How Shock Happens
Electricity always seeks the shortest path to the ground. It tries to find a conductor, such as metal, wet wood, water, or your body! Your body is 70% water. So if you touch an energized bare wire or faulty appliance while you are grounded, electricity will instantly pass through you to the ground, causing a harmful or fatal shock.
It Doesn't Take Much
The amount of electricity used by one 7.5 watt Christmas tree bulb can kill you in a fraction of a second if it passes through your chest. Even if it isn't fatal, electrical shock can easily cause serious falls, burns, cuts, or internal bleeding.
Your Home Wiring
Your home wiring is just a number of loops, or circuits. A "live" wire brings current to a light or an outlet. A "neutral" wire returns current to its source. Between inside wriing and outside power lines is a service panel.
Your Service Panel
Your service panel contains fuses or circuit breakers which interrupt power to specific circuits in case of a short circuit or overload. If this happens: 1) Unplug appliances. 2) Switch off power at the main switch. 3) Replace the fuse that has a broken metal strip with a new fuse of the same rating typically 15 amperes. 4) If you have circuit breakers instead, switch the one that's "off" to "on." 5) Try to determine the cause of the problem. 6) Restore power. Never put a penny or aluminum foil in a fuse box to replace a fuse you could cause a fire.

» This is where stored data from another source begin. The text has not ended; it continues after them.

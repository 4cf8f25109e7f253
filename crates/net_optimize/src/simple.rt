//! Expressions from their parts, where what is known of these makes them shorter.

ghost use Rattle.std.specs.Prelude.{◌≡◌, true, IfOk, IfSome};
ghost use Rattle.net_core.specs.declared.tree.Net.{Net};
ghost use Rattle.net_core.specs.declared.tree.Word.{Word};
ghost use Rattle.net_core.specs.Nets.{TConst};
ghost use Rattle.net_core.specs.View.{tree_of};
ghost use Rattle.net_core.specs.Value as net;
ghost use Rattle.net_core.specs.Value.{Env, value, apply, part_select};
ghost use Rattle.net_optimize.specs.Folding.{AreKnown};

use crate::comparing::compared;
use crate::flags::is_flag;
use net_core::build::{binary, conditional};
use net_core::net_trees::copying::copied;
use net_core::net_trees::equal::is_same;
use net_core::tree::{Expr, Net, Op};
use std::alloc::{AllocError, Global};

/// What is known of a net, or the net.
pub(crate) fn read(
    alloc: Global,
    known: &[Option<Expr<Net>>],
    n: Net,
) -> Result<Expr<Net>, AllocError>
    ensures { (v : Env Net) → AreKnown v known.now → IfOk result (λ r. value v (tree_of r) ≡ v.net n) }
{
    if let Net::Wire(i) = n
        && let Some(Some(e)) = known.get(i as usize)
    {
        return copied(alloc, e);
    }
    Ok(Expr::Read(n))
}

// The net that a wire is known to have the value of, or the net itself.
fn source(known: &[Option<Expr<Net>>], n: Net) -> Net
    ensures { (v : Env Net) → AreKnown v known.now → v.net result ≡ v.net n }
{
    if let Net::Wire(i) = n
        && let Some(Some(Expr::Read(m))) = known.get(i as usize)
    {
        return *m;
    }
    n
}

/// The bits of a net from a high one down to a low one.
pub(crate) fn select(known: &[Option<Expr<Net>>], n: Net, high: u8, low: u8) -> Expr<Net>
    ensures { (v : Env Net) → AreKnown v known.now → value v (tree_of result) ≡ part_select (v.net n) high low }
{
    let n = source(known, n);
    if high == low {
        return Expr::Bit(n, high);
    }
    Expr::PartSelect(n, high, low)
}

// An operator between two operands.
fn joined(alloc: Global, op: Op, a: Expr<Net>, b: Expr<Net>) -> Result<Expr<Net>, AllocError>
    ensures { IfOk result (λ r. (v : Env Net) → value v (tree_of r) ≡ apply op (value v (tree_of a)) (value v (tree_of b))) }
{
    if let (Op::Or, Expr::Const(word)) = (op, &b)
        && word.value == 0
    {
        return Ok(a);
    }
    if let Some(shorter) = compared(alloc, op, &a, &b)? {
        return Ok(shorter);
    }
    binary(alloc, op, a, b)
}

/// The same, where making the operands may have failed.
pub(crate) fn joined_of(
    alloc: Global,
    op: Op,
    a: Result<Expr<Net>, AllocError>,
    b: Result<Expr<Net>, AllocError>,
) -> Result<Expr<Net>, AllocError>
    ensures { (v : Env Net) (x y : Word) → IfOk a (λ e. value v (tree_of e) ≡ x) → IfOk b (λ e. value v (tree_of e) ≡ y) → IfOk result (λ r. value v (tree_of r) ≡ apply op x y) }
{
    let a = a?;
    let b = b?;
    joined(alloc, op, a, b)
}

// What an expression is where a condition holds.
fn where_true(condition: &Expr<Net>, a: Expr<Net>) -> Expr<Net>
    ensures { (v : Env Net) (b : Word) → net.conditional (value v (tree_of condition.now)) (value v (tree_of result)) b ≡ net.conditional (value v (tree_of condition.now)) (value v (tree_of a)) b }
{
    match a {
        Expr::Conditional(c, x, y) => {
            if is_same(condition, &c) {
                return Box::into_inner(x);
            }
            Expr::Conditional(c, x, y)
        }
        a => a,
    }
}

// What an expression is where a condition does not hold.
fn where_false(condition: &Expr<Net>, b: Expr<Net>) -> Expr<Net>
    ensures { (v : Env Net) (a : Word) → net.conditional (value v (tree_of condition.now)) a (value v (tree_of result)) ≡ net.conditional (value v (tree_of condition.now)) a (value v (tree_of b)) }
{
    match b {
        Expr::Conditional(c, x, y) => {
            if is_same(condition, &c) {
                return Box::into_inner(y);
            }
            Expr::Conditional(c, x, y)
        }
        b => b,
    }
}

// Whether an expression is this one bit.
fn is_bit(e: &Expr<Net>, bit: u64) -> bool
    ensures { result ≡ true → tree_of e.now ≡ TConst (net.word 1 bit) }
{
    match e {
        Expr::Const(word) => word.width == 1 && word.value == bit,
        _ => false,
    }
}

// Which of a condition and two expressions the choice between these is, if it is one.
fn taken<'a>(c: &'a Expr<Net>, a: &'a Expr<Net>, b: &'a Expr<Net>) -> Option<&'a Expr<Net>>
    ensures { IfSome result (λ r. (v : Env Net) → value v (tree_of r.now) ≡ net.conditional (value v (tree_of c.now)) (value v (tree_of a.now)) (value v (tree_of b.now))) }
{
    if let Expr::Const(word) = c {
        return Some(if word.value == 0 { b } else { a });
    }
    if is_same(a, b) {
        return Some(a);
    }
    if is_bit(a, 1) && is_bit(b, 0) && is_flag(c) {
        return Some(c);
    }
    None
}

/// The first of two expressions where the condition is 1, else the second.
pub(crate) fn chosen_of(
    alloc: Global,
    c: Result<Expr<Net>, AllocError>,
    a: Result<Expr<Net>, AllocError>,
    b: Result<Expr<Net>, AllocError>,
) -> Result<Expr<Net>, AllocError>
    ensures { (v : Env Net) (x y z : Word) → IfOk c (λ e. value v (tree_of e) ≡ x) → IfOk a (λ e. value v (tree_of e) ≡ y) → IfOk b (λ e. value v (tree_of e) ≡ z) → IfOk result (λ r. value v (tree_of r) ≡ net.conditional x y z) }
{
    let c = c?;
    let a = where_true(&c, a?);
    let b = where_false(&c, b?);
    if let Some(whole) = taken(&c, &a, &b) {
        return copied(alloc, whole);
    }
    conditional(alloc, c, a, b)
}
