//! Sections of a design in which what is known of wires stands in place of these.

ghost use Rattle.std.specs.Prelude.{◌≡◌, ◌≤◌, true, IfOk, length, map};
ghost use Rattle.net_core.specs.declared.tree.Net.{Net};
ghost use Rattle.net_core.specs.View.{assign_of, statement_of, wire_of};
ghost use Rattle.net_core.specs.Value.{Env};
ghost use Rattle.net_core.specs.Clock.{Stored, done, edge};
ghost use Rattle.design_rules.specs.SolvedWires.Solving.{Solves};
ghost use Rattle.net_optimize.specs.Folding.{AreKnown, AreSameAssigns, AreSameSections, sections_of};
ghost use Rattle.net_optimize.specs.Lists.{joined_done};

use crate::folding::{folded, folded_stmt, with_folded};
use crate::joining::{Joined, closed, none, with_statement_of};
use crate::reads::live_reads;
use crate::wires::folded_wires;
use net_core::design::{Assign, Wire};
use net_core::tree::{Expr, Net, Stmt, Stmts};
use std::alloc::{AllocError, Global};

/// The sections of a design in which wires are read.
#[derive(Drop)]
pub(crate) struct Sections {
    pub(crate) wires: Vec<Wire>,
    pub(crate) assigns: Vec<Assign>,
    pub(crate) always: Vec<Stmt<Net>>,
}

// What outputs show, by what is known of wires.
fn folded_assigns(
    alloc: Global,
    known: &[Option<Expr<Net>>],
    assigns: &[Assign],
) -> Result<Vec<Assign>, AllocError>
    ensures { IfOk result (λ r. (v : Env Net) → AreKnown v known.now → AreSameAssigns v (map assign_of assigns.now) (map assign_of r.items)) }
{
    let mut all = Vec::new(alloc);
    for assign in assigns {
        let value = folded(alloc, known, &assign.value)?;
        all.push(Assign {
            port: assign.port,
            value,
        })?;
    }
    Ok(all)
}

// Whether a statement is one that does nothing.
fn is_idle(stmt: &Stmt<Net>) -> bool
    ensures { result ≡ true → (v : Env Net) (s : Stored) → done v (statement_of stmt.now) s ≡ s }
{
    match stmt {
        Stmt::Block(more) => matches!(**more, Stmts::End),
        _ => false,
    }
}

// Always blocks, and after them one that does the same as this.
fn with_block(
    alloc: Global,
    known: &[Option<Expr<Net>>],
    list: Joined,
    stmt: &Stmt<Net>,
) -> Result<Joined, AllocError>
    ensures { (v : Env Net) (s : Stored) → AreKnown v known.now → IfOk result (λ r. joined_done v r s ≡ done v (statement_of stmt.now) (joined_done v list s)) }
{
    if let Stmt::Block(_) = stmt {
        return with_statement_of(alloc, list, folded_stmt(alloc, known, stmt));
    }
    with_folded(alloc, known, list, stmt)
}

// The only statement of a block, or the statement itself.
fn only(stmt: &Stmt<Net>) -> &Stmt<Net>
    ensures { (v : Env Net) (s : Stored) → done v (statement_of result.now) s ≡ done v (statement_of stmt.now) s }
{
    if let Stmt::Block(more) = stmt
        && let Stmts::Then(only, rest) = &**more
        && let Stmts::End = **rest
    {
        return only;
    }
    stmt
}

// Always blocks, by what is known of wires, and as one where neighbours stand under one condition. One that does nothing is left out.
fn folded_always(
    alloc: Global,
    known: &[Option<Expr<Net>>],
    always: &[Stmt<Net>],
) -> Result<Vec<Stmt<Net>>, AllocError>
    ensures { IfOk result (λ r. (v : Env Net) (s : Stored) → AreKnown v known.now → edge v (map statement_of r.items) s ≡ edge v (map statement_of always.now) s) }
{
    let mut all = none(alloc);
    for stmt in always {
        if !is_idle(stmt) {
            all = with_block(alloc, known, all, only(stmt))?;
        }
    }
    let whole = closed(alloc, all)?;
    Ok(whole)
}

/// Sections that do the same, in which either wires of equal right sides are read as the first of them, or right sides of wires that are
/// read once are moved to where they are read.
pub(crate) fn folded_sections(
    alloc: Global,
    wires: &[Wire],
    assigns: &[Assign],
    always: &[Stmt<Net>],
    moves: bool,
) -> Result<Sections, AllocError>
    requires { length wires.now ≤ 4294967295 }
    ensures count { IfOk result (λ s. length s.wires.items ≡ length wires.now) }
    ensures same { IfOk result (λ s. (v : Env Net) → Solves v 0 (map wire_of wires.now) → AreSameSections v (record { wires = map wire_of wires.now; assigns = map assign_of assigns.now; always = map statement_of always.now }) (sections_of s)) }
{
    let reads = live_reads(alloc, wires, assigns, always)?;
    let folded = folded_wires(alloc, wires, &reads, moves)?;
    let assigns = folded_assigns(alloc, &folded.known, assigns)?;
    let always = folded_always(alloc, &folded.known, always)?;
    Ok(Sections {
        wires: folded.wires,
        assigns,
        always,
    })
}
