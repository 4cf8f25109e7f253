//! Statements from their parts, where making a part may have failed: then so has the whole.

ghost use Rattle.std.specs.Prelude.{◌≡◌, ◌==◌, if◌then◌else◌, IfOk, [], map, slice_set};
ghost use Rattle.std.proofs.Common.{get_or};
ghost use Rattle.net_core.specs.declared.tree.Net.{Net};
ghost use Rattle.net_core.specs.declared.tree.Word.{Word};
ghost use Rattle.net_core.specs.Nets.{Tree, SStore};
ghost use Rattle.net_core.specs.View.{tree_of, statement_of};
ghost use Rattle.net_core.specs.Value.{Env, value};
ghost use Rattle.net_core.specs.Clock.{Stored, done, edge};

use net_core::build::{block, statements, when, when_else};
use net_core::tree::{Expr, Net, Stmt};
use std::alloc::{AllocError, Global};

/// A register is set.
pub(crate) fn set_of(k: u32, e: Result<Expr<Net>, AllocError>) -> Result<Stmt<Net>, AllocError>
    ensures { (v : Env Net) (x : Word) (s : Stored) → IfOk e (λ a. value v (tree_of a) ≡ x) → IfOk result (λ r. done v (statement_of r) s ≡ record s { registers = slice_set s.registers k x }) }
{
    let e = e?;
    Ok(Stmt::Set(k, e))
}

/// A word of a memory is set.
pub(crate) fn store_of(
    m: u32,
    i: Result<Expr<Net>, AllocError>,
    e: Result<Expr<Net>, AllocError>,
) -> Result<Stmt<Net>, AllocError>
    ensures done { (v : Env Net) (x y : Word) (s : Stored) → IfOk i (λ a. value v (tree_of a) ≡ x) → IfOk e (λ a. value v (tree_of a) ≡ y) → IfOk result (λ r. done v (statement_of r) s ≡ record s { memories = slice_set s.memories m (slice_set (get_or s.memories m []) x.value y) }) }
    ensures tree { (x y : Tree Net) → IfOk i (λ a. tree_of a ≡ x) → IfOk e (λ a. tree_of a ≡ y) → IfOk result (λ r. statement_of r ≡ SStore m x y) }
{
    let i = i?;
    let e = e?;
    Ok(Stmt::Store(m, i, e))
}

/// A statement where the condition is 1.
pub(crate) fn when_of(
    alloc: Global,
    c: Result<Expr<Net>, AllocError>,
    a: Result<Stmt<Net>, AllocError>,
) -> Result<Stmt<Net>, AllocError>
    ensures { (v : Env Net) (x : Word) (s t : Stored) → IfOk c (λ e. value v (tree_of e) ≡ x) → IfOk a (λ b. done v (statement_of b) s ≡ t) → IfOk result (λ r. done v (statement_of r) s ≡ (if x.value == 0 then s else t)) }
{
    let c = c?;
    let a = a?;
    when(alloc, c, a)
}

/// The first statement where the condition is 1, else the second.
pub(crate) fn when_else_of(
    alloc: Global,
    c: Result<Expr<Net>, AllocError>,
    a: Result<Stmt<Net>, AllocError>,
    b: Result<Stmt<Net>, AllocError>,
) -> Result<Stmt<Net>, AllocError>
    ensures { (v : Env Net) (x : Word) (s t u : Stored) → IfOk c (λ e. value v (tree_of e) ≡ x) → IfOk a (λ d. done v (statement_of d) s ≡ t) → IfOk b (λ d. done v (statement_of d) s ≡ u) → IfOk result (λ r. done v (statement_of r) s ≡ (if x.value == 0 then u else t)) }
{
    let c = c?;
    let a = a?;
    let b = b?;
    when_else(alloc, c, a, b)
}

/// Statements, one after another, as one.
pub(crate) fn block_of(
    alloc: Global,
    all: Result<Vec<Stmt<Net>>, AllocError>,
) -> Result<Stmt<Net>, AllocError>
    ensures { (v : Env Net) (s t : Stored) → IfOk all (λ xs. edge v (map statement_of xs.items) s ≡ t) → IfOk result (λ r. done v (statement_of r) s ≡ t) }
{
    let prefix = all?;
    let more = statements(alloc, prefix)?;
    block(alloc, more)
}
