//! Expressions and statements in which what is known of wires stands in place of them.

ghost use Rattle.std.specs.Prelude.{◌≡◌, IfOk, map};
ghost use Rattle.net_core.specs.declared.tree.Net.{Net};
ghost use Rattle.net_core.specs.View.{tree_of, trees_of, right_of, statement_of, statements_of};
ghost use Rattle.net_core.specs.Value.{Env, value, concatenated_parts};
ghost use Rattle.net_core.specs.Clock.{Stored, done, all_done};
ghost use Rattle.net_optimize.specs.Folding.{AreKnown, IsSameRight};
ghost use Rattle.net_optimize.specs.Lists.{all_parts, joined_done};

use crate::concatenation::{whole_of, with_parts};
use crate::joining::{Joined, closed_of, none, under_of, with_guarded_of, with_statement_of};
use crate::making::{block_of, set_of, store_of, when_else_of};
use crate::negation::prefixed_of;
use crate::simple::{chosen_of, joined_of, read, select};
use net_core::tree::{Expr, Net, Parts, Right, Stmt, Stmts};
use net_rules::building::memory_word_of;
use std::alloc::{AllocError, Global};

/// An expression of the same value.
#[cycle(expressions)]
pub(crate) fn folded(
    alloc: Global,
    known: &[Option<Expr<Net>>],
    e: &Expr<Net>,
) -> Result<Expr<Net>, AllocError>
    ensures { (v : Env Net) → AreKnown v known.now → IfOk result (λ r. value v (tree_of r) ≡ value v (tree_of e.now)) }
{
    match e {
        Expr::Const(word) => Ok(Expr::Const(*word)),
        Expr::Read(n) => read(alloc, known, *n),
        Expr::Bit(n, bit) => Ok(select(known, *n, *bit, *bit)),
        Expr::PartSelect(n, high, low) => Ok(select(known, *n, *high, *low)),
        Expr::MemoryWord(m, i) => memory_word_of(alloc, *m, folded(alloc, known, i)),
        Expr::Unary(op, a) => prefixed_of(alloc, *op, folded(alloc, known, a), a),
        Expr::Binary(op, a, b) => {
            let a = folded(alloc, known, a);
            joined_of(alloc, *op, a, folded(alloc, known, b))
        }
        Expr::Conditional(c, a, b) => {
            let c = folded(alloc, known, c);
            let a = folded(alloc, known, a);
            chosen_of(alloc, c, a, folded(alloc, known, b))
        }
        Expr::Concatenation(parts) => whole_of(alloc, folded_parts(alloc, known, parts)),
    }
}

// Without a recursion over the parts: there may be any number.
#[cycle(expressions)]
fn folded_parts(
    alloc: Global,
    known: &[Option<Expr<Net>>],
    parts: &Parts<Net>,
) -> Result<Vec<Expr<Net>>, AllocError>
    ensures { (v : Env Net) → AreKnown v known.now → IfOk result (λ r. all_parts v (map tree_of r.items) ≡ concatenated_parts v (trees_of parts.now)) }
{
    let mut all = Vec::new(alloc);
    let mut left = parts;
    while let Parts::More(part, more) = left {
        let part = folded(alloc, known, part)?;
        all = with_parts(alloc, all, part)?;
        left = more;
    }
    match left {
        Parts::Last(last) => {
            let last = folded(alloc, known, last)?;
            let whole = with_parts(alloc, all, last)?;
            Ok(whole)
        }
        Parts::More(..) => unreachable!(),
    }
}

/// A right side of the same value.
pub(crate) fn folded_right(
    alloc: Global,
    known: &[Option<Expr<Net>>],
    right: &Right<Net>,
) -> Result<Right<Net>, AllocError>
    ensures { (v : Env Net) → AreKnown v known.now → IfOk result (λ r. IsSameRight v (right_of right.now) (right_of r)) }
{
    match right {
        Right::Plain(e) => Ok(Right::Plain(folded(alloc, known, e)?)),
        Right::Quotient(a, b) => Ok(Right::Quotient(*a, *b)),
        Right::Remainder(a, b) => Ok(Right::Remainder(*a, *b)),
    }
}

/// A statement that does the same.
#[cycle(statements)]
pub(crate) fn folded_stmt(
    alloc: Global,
    known: &[Option<Expr<Net>>],
    stmt: &Stmt<Net>,
) -> Result<Stmt<Net>, AllocError>
    ensures { (v : Env Net) (s : Stored) → AreKnown v known.now → IfOk result (λ r. done v (statement_of r) s ≡ done v (statement_of stmt.now) s) }
{
    match stmt {
        Stmt::Block(more) => {
            let all = with_all(alloc, known, none(alloc), more);
            block_of(alloc, closed_of(alloc, all))
        }
        Stmt::If(c, a) => {
            let c = folded(alloc, known, c);
            let body = with_folded(alloc, known, none(alloc), a);
            under_of(alloc, c, closed_of(alloc, body))
        }
        Stmt::IfElse(c, a, b) => {
            let c = folded(alloc, known, c);
            let a = folded_stmt(alloc, known, a);
            when_else_of(alloc, c, a, folded_stmt(alloc, known, b))
        }
        Stmt::Set(k, e) => set_of(*k, folded(alloc, known, e)),
        Stmt::Store(m, i, e) => {
            let i = folded(alloc, known, i);
            store_of(*m, i, folded(alloc, known, e))
        }
    }
}

/// Statements, and after them one that does the same as this, or those of a block by themselves.
#[cycle(statements)]
pub(crate) fn with_folded(
    alloc: Global,
    known: &[Option<Expr<Net>>],
    list: Joined,
    stmt: &Stmt<Net>,
) -> Result<Joined, AllocError>
    ensures { (v : Env Net) (s : Stored) → AreKnown v known.now → IfOk result (λ r. joined_done v r s ≡ done v (statement_of stmt.now) (joined_done v list s)) }
{
    match stmt {
        Stmt::Block(more) => with_all(alloc, known, list, more),
        Stmt::If(c, a) => {
            let c = folded(alloc, known, c);
            let body = with_folded(alloc, known, none(alloc), a);
            with_guarded_of(alloc, list, c, closed_of(alloc, body))
        }
        _ => with_statement_of(alloc, list, folded_stmt(alloc, known, stmt)),
    }
}

// Without a recursion over the statements: there may be any number.
#[cycle(statements)]
fn with_all(
    alloc: Global,
    known: &[Option<Expr<Net>>],
    list: Joined,
    stmts: &Stmts<Net>,
) -> Result<Joined, AllocError>
    ensures { (v : Env Net) (s : Stored) → AreKnown v known.now → IfOk result (λ r. joined_done v r s ≡ all_done v (statements_of stmts.now) (joined_done v list s)) }
{
    let mut all = list;
    let mut left = stmts;
    while let Stmts::Then(first, more) = left {
        all = with_folded(alloc, known, all, first)?;
        left = more;
    }
    Ok(all)
}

Remember the most important rule for home appliances, electricity and water don't mix. Keep appliances, especially hair dryers, away from bathtubs, puddles, sinks and wet hands. Unplug an appliance before cleaning even if it's off, it can shock, and wet skin decreases your resistance to electricity significantly. Never put metal objects in live parts of appliances or in outlets. If an appliance overheats, unplug it and have it checked. Use only electrical equipment that is approved by a recognized testing laboratory, such as Underwriters Laboratories.
Prevent Electrical Fires
If you've ever touched a hot light bulb, you know how hot it can get, up to 300 degrees for a 100-watt bulb. So keep anything that will burn away from light bulbs, portable heaters, or toasters. Turn off heating and cooking appliances before leaving home. Don't overload outlets. If you must use an extension cord temporarily, match amperage or wattage limits marked on the cord and appliance to avoid a fire hazard.